This leads to the question of exactly what kinds of motion, apart from free fall, can take you through the horizon. To what degree can you control your fall, without requiring infinite acceleration?

Suppose Adam decides that, rather than free-falling through the horizon,
he wants to use a rocket backpack to control his descent.
His goal is to maintain a constant ordinary velocity of –*v* relative to each ship
in the flotilla that he passes, all the way down to the horizon itself.
Of course any real flotilla must end at some finite distance above the horizon,
but Adam plans to follow the same criterion whether there’s an actual ship beside
him or not.

At any event (*t*, *x*) with *x* > *t*, the *q* coordinate
is arctanh(*t*/*x*), so the 4-velocity of the flotilla ship passing through this event
is:

u_{flotilla}= (cosh(q), sinh(q)) = 1/√(x^{2}–t^{2}) (x,t)

What we want is a world line for Adam that has a constant dot product with
this vector field of **u**_{Adam} · **u**_{flotilla} =
–1/√(1–*v*^{2}).
It turns out that we can describe such a world line
in (*t*, *x*) coordinates by the equation:

x+t=A^{2}(x–t)^{–(1–v)/(1+v)}

where *A*^{2} is a constant that sets the position of the world line without
changing its properties of interest. We can write the (*t*, *x*) coordinates of this
world line in terms of a parameter *w* = *x*–*t*, while being careful to keep in
mind that this parameter is *not* proper time along the world line:

(t,x) = (1/2) (A^{2}w^{–(1–v)/(1+v)}–w,A^{2}w^{–(1–v)/(1+v)}+w)

The tangent vector with respect to *w* is then:

∂_{w}(t,x) = –(1/2) ((1–v)/(1+v)b(w)^{2}+ 1, (1–v)/(1+v)b(w)^{2}– 1)

whereb(w) =Aw^{–1/(1+v)}

We can normalise this vector to a squared length of –1 to get Adam’s 4-velocity,
also taking account of the fact that ∂_{w}(*t*, *x*)
points backwards in time so we need to reverse it:

u_{Adam}= 1/[2√(1–v^{2})] ((1–v)b(w) + (1+v) /b(w), (1–v)b(w) – (1+v) /b(w))

If we note that, along Adam’s world line:

x+t=wb(w)^{2}, and

x^{2}–t^{2}=w^{2}b(w)^{2}

then it’s not hard to show that:

u_{Adam}·u_{flotilla}= –1/√(1–v^{2})

This verifies our claim that the ordinary velocity Adam and the flotilla ship will
measure for each other has a magnitude of *v*.

Finding Adam’s proper acceleration is then just a matter of calculating the rate of change of his 4-velocity along his world line with respect to his proper time, and taking the magnitude of the resulting vector.

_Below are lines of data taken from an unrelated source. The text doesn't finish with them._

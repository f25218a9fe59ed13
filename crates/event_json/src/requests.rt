//! Requests.

ghost use Rattle.std.specs.Prelude.{◌≡◌, ◌++◌, OnOk, codes};
ghost use Rattle.std.specs.List.{flat_map};
ghost use Rattle.event_json.specs.Requests.{about_text, asked_word, decide_text, finish_text, left_prefix, left_text, left_whole, of_text, part_text, parts_text, poll_text, prepare_text, request_text, t_text, take_text, take_word};
ghost use Rattle.event_json.specs.Strings.{listed};

use crate::copies::{push_prefix, push_replica};
use crate::locks::mode_word;
use crate::replies::{push_decision, push_verdict};
use crate::strings::push_member;
use rep_core::{Decision, Part, Request, Take, Verdict};
use std::alloc::{AllocError, Global};
use suite_prefix::{LockMode, Prefix, Replica};

/// What is asked, in a word.
pub fn asked_word(request: &Request) -> &'static [u8]
    ensures { result.now ≡ asked_word request.now }
{
    match request {
        Request::Poll { .. } => b"poll",
        Request::Upgrade { .. } => b"upgrade",
        Request::Fetch { .. } => b"fetch",
        Request::Prepare { .. } => b"prepare",
        Request::Decide { .. } => b"decide",
        Request::Resolve { .. } => b"resolve",
        Request::Finish { .. } => b"finish",
        Request::Break { .. } => b"break",
        Request::Locks => b"locks",
        Request::Crash => b"crash",
        Request::Return => b"return",
    }
}

/// What a server is asked.
pub fn push_request(alloc: Global, text: &mut Vec<u8>, request: &Request) -> Result<(), AllocError>
    ensures { OnOk result (text.new.items ≡ text.old.items ++ request_text request.now) }
{
    text.extend_from_slice(b"{\"asks\":\"")?;
    text.extend_from_slice(asked_word(request))?;
    text.extend_from_slice(b"\"")?;
    push_about(alloc, text, request)?;
    text.extend_from_slice(b"}")
}

/// What stands behind the word.
fn push_about(alloc: Global, text: &mut Vec<u8>, request: &Request) -> Result<(), AllocError>
    ensures { OnOk result (text.new.items ≡ text.old.items ++ about_text request.now) }
{
    match request {
        Request::Poll { t, suite, mode } => push_poll(text, *t, *suite, *mode),
        Request::Upgrade { t, suite } => push_of(text, *t, *suite),
        Request::Fetch { t, suite } => push_of(text, *t, *suite),
        Request::Break { t, suite } => push_of(text, *t, *suite),
        Request::Prepare { t, parts } => push_prepare(alloc, text, *t, parts.as_slice()),
        Request::Decide { t, decision } => push_decide(alloc, text, *t, decision),
        Request::Resolve { t } => push_t(text, *t),
        Request::Finish { t, verdict } => push_finish(alloc, text, *t, verdict),
        Request::Locks => Ok(()),
        Request::Crash => Ok(()),
        Request::Return => Ok(()),
    }
}

/// By which transaction.
fn push_t(text: &mut Vec<u8>, t: u64) -> Result<(), AllocError>
    ensures { OnOk result (text.new.items ≡ text.old.items ++ t_text t) }
{
    push_member(text, b",\"t\":", t)
}

/// By which transaction, and of which suite.
fn push_of(text: &mut Vec<u8>, t: u64, suite: u64) -> Result<(), AllocError>
    ensures { OnOk result (text.new.items ≡ text.old.items ++ of_text t suite) }
{
    push_t(text, t)?;
    push_member(text, b",\"suite\":", suite)
}

fn push_poll(text: &mut Vec<u8>, t: u64, suite: u64, mode: LockMode) -> Result<(), AllocError>
    ensures { OnOk result (text.new.items ≡ text.old.items ++ poll_text t suite mode) }
{
    push_of(text, t, suite)?;
    text.extend_from_slice(mode_word(mode))
}

fn push_prepare(alloc: Global, text: &mut Vec<u8>, t: u64, parts: &[Part]) -> Result<(), AllocError>
    ensures { OnOk result (text.new.items ≡ text.old.items ++ prepare_text t parts.now) }
{
    push_t(text, t)?;
    push_part_list(alloc, text, parts)
}

fn push_decide(
    alloc: Global,
    text: &mut Vec<u8>,
    t: u64,
    decision: &Decision,
) -> Result<(), AllocError>
    ensures { OnOk result (text.new.items ≡ text.old.items ++ decide_text t decision.now) }
{
    push_t(text, t)?;
    text.extend_from_slice(b",\"decision\":")?;
    push_decision(alloc, text, decision)
}

fn push_finish(
    alloc: Global,
    text: &mut Vec<u8>,
    t: u64,
    verdict: &Verdict,
) -> Result<(), AllocError>
    ensures { OnOk result (text.new.items ≡ text.old.items ++ finish_text t verdict.now) }
{
    push_t(text, t)?;
    text.extend_from_slice(b",\"verdict\":")?;
    push_verdict(alloc, text, verdict)
}

fn push_part_list(alloc: Global, text: &mut Vec<u8>, parts: &[Part]) -> Result<(), AllocError>
    ensures { OnOk result (text.new.items ≡ text.old.items ++ parts_text parts.now) }
{
    text.extend_from_slice(b",\"parts\":[")?;
    push_parts(alloc, text, parts)?;
    text.extend_from_slice(b"]")
}

fn push_parts(alloc: Global, text: &mut Vec<u8>, parts: &[Part]) -> Result<(), AllocError>
    ensures { OnOk result (text.new.items ≡ text.old.items ++ listed part_text parts.now) }
{
    let [first, more @ ..] = parts else {
        return Ok(());
    };
    push_part(alloc, text, first)?;
    push_more_parts(alloc, text, more)
}

fn push_more_parts(alloc: Global, text: &mut Vec<u8>, parts: &[Part]) -> Result<(), AllocError>
    ensures { OnOk result (text.new.items ≡ text.old.items ++ flat_map (λ next. codes "," ++ part_text next) parts.now) }
{
    for part in parts {
        text.extend_from_slice(b",")?;
        push_part(alloc, text, part)?;
    }
    Ok(())
}

/// A suite, the lock on it, and what is left of it.
fn push_part(alloc: Global, text: &mut Vec<u8>, part: &Part) -> Result<(), AllocError>
    ensures { OnOk result (text.new.items ≡ text.old.items ++ part_text part.now) }
{
    push_member(text, b"{\"suite\":", part.suite)?;
    text.extend_from_slice(mode_word(part.mode))?;
    push_take(alloc, text, &part.take)?;
    text.extend_from_slice(b"}")
}

fn push_take(alloc: Global, text: &mut Vec<u8>, take: &Take) -> Result<(), AllocError>
    ensures { OnOk result (text.new.items ≡ text.old.items ++ take_text take.now) }
{
    text.extend_from_slice(b",\"takes\":\"")?;
    text.extend_from_slice(take_word(take))?;
    text.extend_from_slice(b"\"")?;
    push_left(alloc, text, take)
}

/// What is left of a suite, in a word.
fn take_word(take: &Take) -> &'static [u8]
    ensures { result.now ≡ take_word take.now }
{
    match take {
        Take::Keep => b"nothing",
        Take::Prefix(_) => b"prefix",
        Take::Whole(_) => b"whole",
    }
}

/// A prefix, or a copy, that is left.
fn push_left(alloc: Global, text: &mut Vec<u8>, take: &Take) -> Result<(), AllocError>
    ensures { OnOk result (text.new.items ≡ text.old.items ++ left_text take.now) }
{
    match take {
        Take::Keep => Ok(()),
        Take::Prefix(prefix) => push_left_prefix(text, prefix),
        Take::Whole(replica) => push_left_whole(alloc, text, replica),
    }
}

fn push_left_prefix(text: &mut Vec<u8>, prefix: &Prefix) -> Result<(), AllocError>
    ensures { OnOk result (text.new.items ≡ text.old.items ++ left_prefix prefix.now) }
{
    text.extend_from_slice(b",")?;
    push_prefix(text, prefix)
}

fn push_left_whole(alloc: Global, text: &mut Vec<u8>, replica: &Replica) -> Result<(), AllocError>
    ensures { OnOk result (text.new.items ≡ text.old.items ++ left_whole replica.now) }
{
    text.extend_from_slice(b",")?;
    push_replica(alloc, text, replica)
}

This turns out to be:

a_{Adam}= 1/[s√(1–v^{2})]

In other words, his acceleration is just as singular in *s* as that required to remain
stationary with respect to the horizon. In fact the acceleration for any given value
of *s* is actually greater when *v* is non-zero!

So Adam’s goal of passing right through the horizon in this manner is physically impossible; even though he’s not trying to remain stationary, his rocket would still have to provide an infinite acceleration as he crossed the horizon.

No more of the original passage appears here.